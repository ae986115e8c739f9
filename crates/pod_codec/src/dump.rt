//! The text of a value.
ghost use Rattle.std.specs.Prelude.{◌≡◌, [], ◌∷◌, ◌*◌, ◌++◌, map, replicate, length, codes, OnOk, IfOk};
ghost use Rattle.std.specs.List.{flat_map};
ghost use Rattle.pod_codec.specs.DumpWords.{Lines, text_at, numbered, two_numbered, kind_word};
ghost use Rattle.pod_codec.specs.DumpText.{lines_of, prop_lines_of, control_lines_of, dump_text_of};

use crate::pod::{ChoiceKind, Control, Pod, Prop};
use crate::text::{put_hex, put_number, put_numbers, put_quoted, put_quoted_hex, put_signed};
use pw_lists::{Items, Memory, Text};
use std::alloc::Global;

/// The word of a kind of choice.
fn word_of(kind: ChoiceKind) -> &'static [u8]
    ensures { result.now ≡ kind_word kind }
{
    match kind {
        ChoiceKind::None => b"none".as_slice(),
        ChoiceKind::Range => b"range".as_slice(),
        ChoiceKind::Step => b"step".as_slice(),
        ChoiceKind::Enum => b"enum".as_slice(),
        ChoiceKind::Flags => b"flags".as_slice(),
    }
}

/// Appends the words of an object or a choice after the first: two numbers and a count.
fn put_counted(word: &[u8], n: u32, m: u32, count: usize, text: &mut Text) -> Result<(), Memory>
    ensures { OnOk result (text.new ≡ text.old ++
        (two_numbered word.now n (codes " ") m ++ numbered (codes " ") count)) }
{
    put_numbers(word, u64::from(n), b" ".as_slice(), u64::from(m), text)?;
    put_number(b" ".as_slice(), count as u64, text)
}

/// Appends the words of a rectangle.
fn put_rectangle(width: u32, height: u32, text: &mut Text) -> Result<(), Memory>
    ensures { OnOk result (text.new
        ≡ text.old ++ two_numbered (codes "rectangle ") width (codes "x") height) }
{
    put_numbers(
        b"rectangle ".as_slice(),
        u64::from(width),
        b"x".as_slice(),
        u64::from(height),
        text,
    )
}

/// Appends the words of an array.
fn put_array(child: u32, values: &[Pod], text: &mut Text) -> Result<(), Memory>
    ensures { OnOk result (text.new ≡ text.old ++ two_numbered (codes "array ") child (codes " ")
        (length (map lines_of values.now))) }
{
    put_numbers(
        b"array ".as_slice(),
        u64::from(child),
        b" ".as_slice(),
        values.len() as u64,
        text,
    )
}

/// Appends the words of a struct.
fn put_struct(fields: &[Pod], text: &mut Text) -> Result<(), Memory>
    ensures { OnOk result (text.new ≡ text.old ++ numbered (codes "struct ")
        (length (map lines_of fields.now))) }
{
    put_number(b"struct ".as_slice(), fields.len() as u64, text)
}

/// Appends the words of an object.
fn put_object(object: u32, id: u32, props: &[Prop], text: &mut Text) -> Result<(), Memory>
    ensures { OnOk result (text.new ≡ text.old ++
        (two_numbered (codes "object ") object (codes " ") id ++ numbered (codes " ")
        (length (map prop_lines_of props.now)))) }
{
    put_counted(b"object ".as_slice(), object, id, props.len(), text)
}

/// Appends the words of a choice.
fn put_choice(
    kind: ChoiceKind,
    flags: u32,
    child: u32,
    values: &[Pod],
    text: &mut Text,
) -> Result<(), Memory>
    ensures { OnOk result (text.new ≡ text.old ++
        ((codes "choice " ++ kind_word kind) ++
        (two_numbered (codes " ") flags (codes " ") child ++ numbered (codes " ")
        (length (map lines_of values.now))))) }
{
    text.extend(b"choice ".as_slice())?;
    text.extend(word_of(kind))?;
    put_counted(b" ".as_slice(), flags, child, values.len(), text)
}

/// Appends the words of a sequence.
fn put_sequence(unit: u32, controls: &[Control], text: &mut Text) -> Result<(), Memory>
    ensures { OnOk result (text.new
        ≡ text.old ++ two_numbered (codes "sequence ") unit (codes " ")
        (length (map control_lines_of controls.now))) }
{
    put_numbers(
        b"sequence ".as_slice(),
        u64::from(unit),
        b" ".as_slice(),
        controls.len() as u64,
        text,
    )
}

/// Appends the words of a value.
fn put_head(pod: &Pod, text: &mut Text) -> Result<(), Memory>
    ensures { OnOk result (text.new ≡ text.old ++ (lines_of pod.now).head) }
{
    match pod {
        Pod::None => text.extend(b"none".as_slice()),
        Pod::Bool(true) => text.extend(b"bool true".as_slice()),
        Pod::Bool(false) => text.extend(b"bool false".as_slice()),
        Pod::Id(n) => put_number(b"id ".as_slice(), u64::from(*n), text),
        Pod::Int(n) => put_signed(b"int ".as_slice(), i64::from(*n), text),
        Pod::Long(n) => put_signed(b"long ".as_slice(), *n, text),
        Pod::FloatBits(n) => put_hex(b"float ".as_slice(), &n.to_be_bytes(), text),
        Pod::DoubleBits(n) => put_hex(b"double ".as_slice(), &n.to_be_bytes(), text),
        Pod::Text(bytes) => put_quoted(b"string \"".as_slice(), bytes.as_slice(), text),
        Pod::Bytes(bytes) => put_quoted_hex(b"bytes \"".as_slice(), bytes.as_slice(), text),
        Pod::Rectangle { width, height } => put_rectangle(*width, *height, text),
        Pod::Fraction { num, denom } => put_numbers(
            b"fraction ".as_slice(),
            u64::from(*num),
            b"/".as_slice(),
            u64::from(*denom),
            text,
        ),
        Pod::Bitmap(bytes) => put_quoted_hex(b"bitmap \"".as_slice(), bytes.as_slice(), text),
        Pod::Fd(n) => put_signed(b"fd ".as_slice(), *n, text),
        Pod::Array { child, values } => put_array(*child, values.as_slice(), text),
        Pod::Struct(fields) => put_struct(fields.as_slice(), text),
        Pod::Object { object, id, props } => put_object(*object, *id, props.as_slice(), text),
        Pod::Choice {
            kind,
            flags,
            child,
            values,
        } => put_choice(*kind, *flags, *child, values.as_slice(), text),
        Pod::Sequence { unit, controls } => put_sequence(*unit, controls.as_slice(), text),
    }
}

/// Appends the indent of a level; `Memory` for a level that no text can have.
fn put_indent(level: usize, text: &mut Text) -> Result<(), Memory>
    ensures { OnOk result (text.new ≡ text.old ++ replicate (2 * level) 32) }
{
    let Some(spaces) = level.checked_mul(2) else {
        return Err(Memory);
    };
    text.extend_filled(spaces, b' ')
}

/// Appends the line of a value, and those of what it holds.
#[cycle(dump)]
fn put_pod(pod: &Pod, level: usize, text: &mut Text) -> Result<(), Memory>
    ensures { OnOk result (text.new ≡ text.old ++ text_at level (lines_of pod.now)) }
{
    let Some(deeper) = level.checked_add(1) else {
        return Err(Memory);
    };
    put_indent(level, text)?;
    put_head(pod, text)?;
    text.extend(b"\n".as_slice())?;
    match pod {
        Pod::Array { values, .. } => put_pods(values.as_slice(), deeper, text),
        Pod::Choice { values, .. } => put_pods(values.as_slice(), deeper, text),
        Pod::Struct(fields) => put_pods(fields.as_slice(), deeper, text),
        Pod::Object { props, .. } => put_props(props.as_slice(), deeper, text),
        Pod::Sequence { controls, .. } => put_controls(controls.as_slice(), deeper, text),
        _ => Ok(()),
    }
}

/// Appends the lines of values.
#[cycle(dump)]
fn put_pods(pods: &[Pod], level: usize, text: &mut Text) -> Result<(), Memory>
    ensures { OnOk result (text.new
        ≡ text.old ++ flat_map (text_at level) (map lines_of pods.now)) }
{
    for pod in pods {
        put_pod(pod, level, text)?;
    }
    Ok(())
}

/// Appends the line of a property, and the value one level deeper.
#[cycle(dump)]
fn put_prop(prop: &Prop, level: usize, text: &mut Text) -> Result<(), Memory>
    ensures { OnOk result (text.new ≡ text.old ++ text_at level (prop_lines_of prop.now)) }
{
    let Some(deeper) = level.checked_add(1) else {
        return Err(Memory);
    };
    put_indent(level, text)?;
    put_numbers(
        b"prop ".as_slice(),
        u64::from(prop.key),
        b" ".as_slice(),
        u64::from(prop.flags),
        text,
    )?;
    text.extend(b"\n".as_slice())?;
    put_pod(&prop.value, deeper, text)
}

/// Appends the lines of properties.
#[cycle(dump)]
fn put_props(props: &[Prop], level: usize, text: &mut Text) -> Result<(), Memory>
    ensures { OnOk result (text.new
        ≡ text.old ++ flat_map (text_at level) (map prop_lines_of props.now)) }
{
    for prop in props {
        put_prop(prop, level, text)?;
    }
    Ok(())
}

/// Appends the line of a control, and the value one level deeper.
#[cycle(dump)]
fn put_control(control: &Control, level: usize, text: &mut Text) -> Result<(), Memory>
    ensures { OnOk result (text.new ≡ text.old ++ text_at level (control_lines_of control.now)) }
{
    let Some(deeper) = level.checked_add(1) else {
        return Err(Memory);
    };
    put_indent(level, text)?;
    put_numbers(
        b"control ".as_slice(),
        u64::from(control.offset),
        b" ".as_slice(),
        u64::from(control.kind),
        text,
    )?;
    text.extend(b"\n".as_slice())?;
    put_pod(&control.value, deeper, text)
}

/// Appends the lines of controls.
#[cycle(dump)]
fn put_controls(controls: &[Control], level: usize, text: &mut Text) -> Result<(), Memory>
    ensures { OnOk result (text.new ≡ text.old ++ flat_map (text_at level)
        (map control_lines_of controls.now)) }
{
    for control in controls {
        put_control(control, level, text)?;
    }
    Ok(())
}

/// The text of a value: one value a line, two spaces of indent a level, each line ended by byte
/// 0x0A.
/// What a container holds is one level deeper; a property or control has a line of its own, and
/// its value is under it. Numbers are plain decimal, and bits and bytes lower-case hexadecimal
/// digits.
pub fn dump_text(alloc: Global, pod: &Pod) -> Result<Text, Memory>
    ensures { IfOk result (λ text. text ≡ dump_text_of pod.now) }
{
    let mut text = Items::new(alloc);
    put_pod(pod, 0, &mut text)?;
    Ok(text)
}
++++++++++
Could you reproduce exactly the lines of the entries above, from the one with "use std::alloc::Global;" through the one with "text.old ++ numbered", and nothing else?

### [FINAL ANSWER]
use std::alloc::Global;

/// The word of a kind of choice.
fn word_of(kind: ChoiceKind) -> &'static [u8]
    ensures { result.now ≡ kind_word kind }
{
    match kind {
        ChoiceKind::None => b"none".as_slice(),
        ChoiceKind::Range => b"range".as_slice(),
        ChoiceKind::Step => b"step".as_slice(),
        ChoiceKind::Enum => b"enum".as_slice(),
        ChoiceKind::Flags => b"flags".as_slice(),
    }
}

/// Appends the words of an object or a choice after the first: two numbers and a count.
fn put_counted(word: &[u8], n: u32, m: u32, count: usize, text: &mut Text) -> Result<(), Memory>
    ensures { OnOk result (text.new ≡ text.old ++
        (two_numbered word.now n (codes " ") m ++ numbered (codes " ") count)) }
{
    put_numbers(word, u64::from(n), b" ".as_slice(), u64::from(m), text)?;
    put_number(b" ".as_slice(), count as u64, text)
}

/// Appends the words of a rectangle.
fn put_rectangle(width: u32, height: u32, text: &mut Text) -> Result<(), Memory>
    ensures { OnOk result (text.new
        ≡ text.old ++ two_numbered (codes "rectangle ") width (codes "x") height) }
{
    put_numbers(
        b"rectangle ".as_slice(),
        u64::from(width),
        b"x".as_slice(),
        u64::from(height),
        text,
    )
}

/// Appends the words of an array.
fn put_array(child: u32, values: &[Pod], text: &mut Text) -> Result<(), Memory>
    ensures { OnOk result (text.new ≡ text.old ++ two_numbered (codes "array ") child (codes " ")
        (length (map lines_of values.now))) }
{
    put_numbers(
        b"array ".as_slice(),
        u64::from(child),
        b" ".as_slice(),
        values.len() as u64,
        text,
    )
}

/// Appends the words of a struct.
fn put_struct(fields: &[Pod], text: &mut Text) -> Result<(), Memory>
    ensures { OnOk result (text.new ≡ text.old ++ numbered (codes "struct ")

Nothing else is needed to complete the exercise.